Por Gina Dantraccoli
La Congregación de Hermanas Oblatas que tiene sede en la ciudad de Rosario tiene un proyecto llamado “Huellas del Redentor”, que es un voluntariado que cada veinte días en las tardes y en las noche visitas las “zonas rojas” de la ciudad para visitar trabajadoras sexuales.
Son las ocho y media de la noche y a la ruta Buenos Aires la absorbe un abismo negro. Pero Priscilla, que viaja despacio en un auto, no siente miedo. No está sola, son cuatro mujeres en total: Alejandra al volante, Andrea “la colo”, y Amelia docente jubilada. Es jueves, y se dirigen a la zona del peaje General Lagos a visitar a cuatro chicas prostitutas.
El jueves para Priscilla había sido normal, como cualquier otro. Iba hasta las cinco de la tarde al “Centro Madre Antonia”, un espacio que ofrece talleres a mujeres en situación de vulnerabilidad ubicado en el barrio “Las Flores”. A la noche tocaba la visita a cuatro chicas que estaban en la ruta, una de las misiones de la congregación a la que pertenece, a través del grupo de voluntariado Huellas del que participan sus compañeras de viaje y otras 16 voluntarias.

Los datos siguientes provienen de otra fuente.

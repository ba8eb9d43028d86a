//! A program is run alone, once, and its jobs are compared with limits.
ghost use Rattle.std.specs.Prelude.{◌≡◌, ℕ, ◌+◌, ◌^◌, ◌<◌, ◌≤◌, ◌⊎◌, [], ◌∷◌, length, slice_get, true, false, Some, None, IfSome, OnOk, IfOk, IfErr};
ghost use Rattle.rt_image.specs.SystemFile.{SetTask, TaskSet};
ghost use Rattle.rt_history.specs.Legal.{legal, state_at};
ghost use Rattle.rt_history.specs.OwnPart.{own, TaskState};
ghost use Rattle.rt_history.specs.Program.{origin};
ghost use Rattle.rt_certify.specs.Opened.{most_ticks};
ghost use Rattle.rt_certify.specs.Certified.{IsCertificate};
ghost use Rattle.rt_certify.specs.Extremes.{IsPlacedCertificate};
ghost use Rattle.rt_certify.specs.Refused.{IsRefused};
ghost use Rattle.rt_certify.specs.Working.Trying.{StandsAt, IsStopAt, EndsBy};

use crate::certificate::{Certificate, Limits, NotCertified, PlacedCertificate};
use crate::trial::{Stop, Trial};
use rt_core::{BEAT_TICKS, Beat, Machine};
use rt_exec::Fetcher;
use rt_history::Entry;
use rt_queue::MinQueue;
use rt_words::MAX_TICKS;

/// The address of the next instruction of the one task.
fn pc_of<Q: MinQueue, F: Fetcher>(machine: &Machine<Q, F>) -> u32
    requires { length machine.now.tasks ≡ 1 }
    ensures { (x : TaskState) → slice_get machine.now.tasks 0 ≡ Some x → x.program.state.pc ≡ result }
{
    match machine.view(0) {
        Some(view) => view.pc,
        None => 0,
    }
}

/// Tells a trial the entry that comes next.
fn tell_entry<Q: MinQueue, F: Fetcher>(
    machine: &mut Machine<Q, F>,
    trial: &mut Trial,
) -> Result<(), Stop>
    requires one { length machine.old.tasks ≡ 1 }
    requires some { trial.old.ticks < most_ticks trial.old.limits }
    requires room { trial.old.jobs + 1 < 2 ^ 64 }
    ensures one { length machine.new.tasks ≡ 1 }
    ensures within { machine.new.tick ≤ MAX_TICKS }
    ensures later { machine.old.tick ≤ machine.new.tick }
    ensures onward { machine.old.tick < MAX_TICKS → machine.old.tick < machine.new.tick }
    ensures limits { trial.new.limits ≡ trial.old.limits }
    ensures jobs { trial.new.jobs ≤ trial.old.jobs + 1 }
    ensures machine { (set : TaskSet) → machine.old ≡ state_at set machine.old.tick → machine.new ≡ state_at set machine.new.tick }
    ensures stands { OnOk result ((set : TaskSet) (s : SetTask) → machine.old ≡ state_at set machine.old.tick → set.tasks ≡ s ∷ [] →
        StandsAt set s trial.old.limits machine.old.tick trial.old → StandsAt set s trial.old.limits machine.new.tick trial.new) }
    ensures ended { IfErr result (EndsBy (trial.old.jobs + 1)) }
    ensures stops { IfErr result (λ stop. (set : TaskSet) (s : SetTask) → machine.old ≡ state_at set machine.old.tick → set.tasks ≡ s ∷ [] →
        StandsAt set s trial.old.limits machine.old.tick trial.old → IsStopAt set s trial.old.limits stop) }
{
    let Some(entry) = machine.advance(MAX_TICKS) else {
        return Ok(());
    };
    match entry {
        Entry::Busy { rec, .. } => trial.add(rec.pc, rec.outcome),
        Entry::Idle { .. } => Ok(()),
    }
}

/// Goes on by plain ticks of the open job, as many as it may still have, and tells them to a trial. Whether the entry that comes next is
/// better reported by itself.
fn tell_plain<Q: MinQueue, F: Fetcher>(machine: &mut Machine<Q, F>, trial: &mut Trial) -> bool
    requires { length machine.old.tasks ≡ 1 }
    ensures one { length machine.new.tasks ≡ 1 }
    ensures within { machine.new.tick ≤ MAX_TICKS }
    ensures later { machine.old.tick ≤ machine.new.tick }
    ensures onward { result ≡ false → machine.old.tick < machine.new.tick }
    ensures limits { trial.new.limits ≡ trial.old.limits }
    ensures jobs { trial.new.jobs ≡ trial.old.jobs }
    ensures ticks { trial.new.ticks + machine.old.tick ≡ trial.old.ticks + machine.new.tick }
    ensures machine { (set : TaskSet) → machine.old ≡ state_at set machine.old.tick → machine.new ≡ state_at set machine.new.tick }
    ensures stands { (set : TaskSet) (s : SetTask) → machine.old ≡ state_at set machine.old.tick → set.tasks ≡ s ∷ [] →
        StandsAt set s trial.old.limits machine.old.tick trial.old → StandsAt set s trial.old.limits machine.new.tick trial.new }
{
    let ticks = machine.go_plain(trial.left().min(BEAT_TICKS));
    trial.add_plain(ticks.count);
    ticks.stopped
}

/// Goes on by some ticks, and tells them to a trial. Whether the open job may have one more is tested before an attempt.
fn go_on<Q: MinQueue, F: Fetcher>(
    machine: &mut Machine<Q, F>,
    trial: &mut Trial,
) -> Result<(), Stop>
    requires one { length machine.old.tasks ≡ 1 }
    requires before { machine.old.tick < MAX_TICKS }
    requires room { trial.old.jobs + 1 < 2 ^ 64 }
    ensures one { length machine.new.tasks ≡ 1 }
    ensures within { machine.new.tick ≤ MAX_TICKS }
    ensures onward { OnOk result (machine.old.tick < machine.new.tick) }
    ensures limits { trial.new.limits ≡ trial.old.limits }
    ensures jobs { trial.new.jobs ≤ trial.old.jobs + 1 }
    ensures machine { (set : TaskSet) → machine.old ≡ state_at set machine.old.tick → machine.new ≡ state_at set machine.new.tick }
    ensures stands { OnOk result ((set : TaskSet) (s : SetTask) → machine.old ≡ state_at set machine.old.tick → set.tasks ≡ s ∷ [] →
        StandsAt set s trial.old.limits machine.old.tick trial.old → StandsAt set s trial.old.limits machine.new.tick trial.new) }
    ensures ended { IfErr result (EndsBy (trial.old.jobs + 1)) }
    ensures stops { IfErr result (λ stop. (set : TaskSet) (s : SetTask) → machine.old ≡ state_at set machine.old.tick → set.tasks ≡ s ∷ [] →
        StandsAt set s trial.old.limits machine.old.tick trial.old → IsStopAt set s trial.old.limits stop) }
{
    if trial.left() == 0 {
        return Err(Stop::Refused(trial.over_budget(pc_of(machine))));
    }
    if tell_plain(machine, trial) && trial.left() > 0 {
        return tell_entry(machine, trial);
    }
    Ok(())
}

/// Goes on until so many jobs are finished, or to the last tick. It beats on the way.
fn run<Q: MinQueue, F: Fetcher, B: Beat>(
    machine: &mut Machine<Q, F>,
    trial: &mut Trial,
    jobs: u64,
    beat: &B,
) -> Result<(), Stop>
    requires one { length machine.old.tasks ≡ 1 }
    requires few { trial.old.jobs ≤ jobs }
    ensures limits { trial.new.limits ≡ trial.old.limits }
    ensures jobs { OnOk result (trial.new.jobs ≤ jobs) }
    ensures done { OnOk result ((trial.new.jobs ≡ jobs) ⊎ (machine.new.tick ≡ MAX_TICKS)) }
    ensures stands { OnOk result ((set : TaskSet) (s : SetTask) → machine.old ≡ state_at set machine.old.tick → set.tasks ≡ s ∷ [] →
        StandsAt set s trial.old.limits machine.old.tick trial.old → StandsAt set s trial.old.limits machine.new.tick trial.new) }
    ensures ended { IfErr result (EndsBy jobs) }
    ensures stops { IfErr result (λ stop. (set : TaskSet) (s : SetTask) → machine.old ≡ state_at set machine.old.tick → set.tasks ≡ s ∷ [] →
        StandsAt set s trial.old.limits machine.old.tick trial.old → IsStopAt set s trial.old.limits stop) }
{
    let mut next = BEAT_TICKS;
    'jobs: while trial.jobs() < jobs && machine.now() < MAX_TICKS {
        go_on(machine, trial)?;
        if machine.now() >= next {
            beat.beat(machine.now());
            next = machine.now() + BEAT_TICKS;
        }
    }
    Ok(())
}

/// Runs the one task of a machine from its first tick on, until `jobs` jobs are finished, and compares each with the limits. The start is
/// that of the task, a tick. The certificate holds of the task's program alone, so in each set. It covers fewer jobs only where the
/// program has ended, or where tick 2^40 is reached. The jobs that have its numbers are told beside it. Takes no memory. It beats on the way.
///
/// # Errors
///
/// The first attempt that would break the limits, or that yields, faults, or asks for an answer; before it the budget is tested. The
/// program is certified for the jobs before it, and not for its own.
pub fn certify_where<Q: MinQueue, F: Fetcher, B: Beat>(
    machine: &mut Machine<Q, F>,
    start: u32,
    limits: Limits,
    jobs: u64,
    beat: &B,
) -> Result<PlacedCertificate, NotCertified>
    requires { length machine.old.tasks ≡ 1 }
    ensures jobs { IfOk result (λ p. p.certificate.jobs ≤ jobs) }
    ensures all { IfOk result (λ p. (p.certificate.jobs ≡ jobs) ⊎ ((p.certificate.next ≡ None) ⊎ (machine.new.tick ≡ MAX_TICKS))) }
    ensures certified { IfOk result (λ p. (set : TaskSet) (s : SetTask) → machine.old ≡ state_at set 0 → set.tasks ≡ s ∷ [] → s.start ≡ start →
        (k : ℕ) × IsPlacedCertificate (origin s) start limits k p × IfSome p.certificate.next (λ w. k ≡ length (own 0 (legal set machine.new.tick)))) }
    ensures refused { IfErr result (λ e. (set : TaskSet) (s : SetTask) → machine.old ≡ state_at set 0 → set.tasks ≡ s ∷ [] → s.start ≡ start →
        (k : ℕ) × IsRefused (origin s) start limits k e) }
{
    let mut trial = Trial::begin(start, limits);
    match run(machine, &mut trial, jobs, beat) {
        Ok(()) => Ok(trial.so_far()),
        Err(Stop::Ended(placed)) => Ok(placed),
        Err(Stop::Refused(fault)) => Err(fault),
    }
}

/// The certificate alone.
///
/// # Errors
///
/// As those of `certify_where`.
pub fn certify<Q: MinQueue, F: Fetcher, B: Beat>(
    machine: &mut Machine<Q, F>,
    start: u32,
    limits: Limits,
    jobs: u64,
    beat: &B,
) -> Result<Certificate, NotCertified>
    requires { length machine.old.tasks ≡ 1 }
    ensures jobs { IfOk result (λ c. c.jobs ≤ jobs) }
    ensures all { IfOk result (λ c. (c.jobs ≡ jobs) ⊎ ((c.next ≡ None) ⊎ (machine.new.tick ≡ MAX_TICKS))) }
    ensures certified { IfOk result (λ c. (set : TaskSet) (s : SetTask) → machine.old ≡ state_at set 0 → set.tasks ≡ s ∷ [] → s.start ≡ start →
        (k : ℕ) × IsCertificate (origin s) start limits k c × IfSome c.next (λ w. k ≡ length (own 0 (legal set machine.new.tick)))) }
    ensures refused { IfErr result (λ e. (set : TaskSet) (s : SetTask) → machine.old ≡ state_at set 0 → set.tasks ≡ s ∷ [] → s.start ≡ start →
        (k : ℕ) × IsRefused (origin s) start limits k e) }
{
    Ok(certify_where(machine, start, limits, jobs, beat)?.certificate)
}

Priscilla es de Brasil. Es una mujer que recorre los treinta años, tiene tirabuzones negros en la cabeza, y su piel es del mismo color que el café con leche. En 2011 cuando ya era una fiel creyente recibió “el llamado de Dios”. Como Priscilla se inclinaba por el lado más social, cuando escuchó sobre la Congregación Oblatas que trabaja con mujeres en situación de prostitución algo dentro de ella le resonó, y se dijo que era ahí donde tenía que pertenecer. Fue recién en 2019 que, antes de la pandemia, fue trasladada a Rosario.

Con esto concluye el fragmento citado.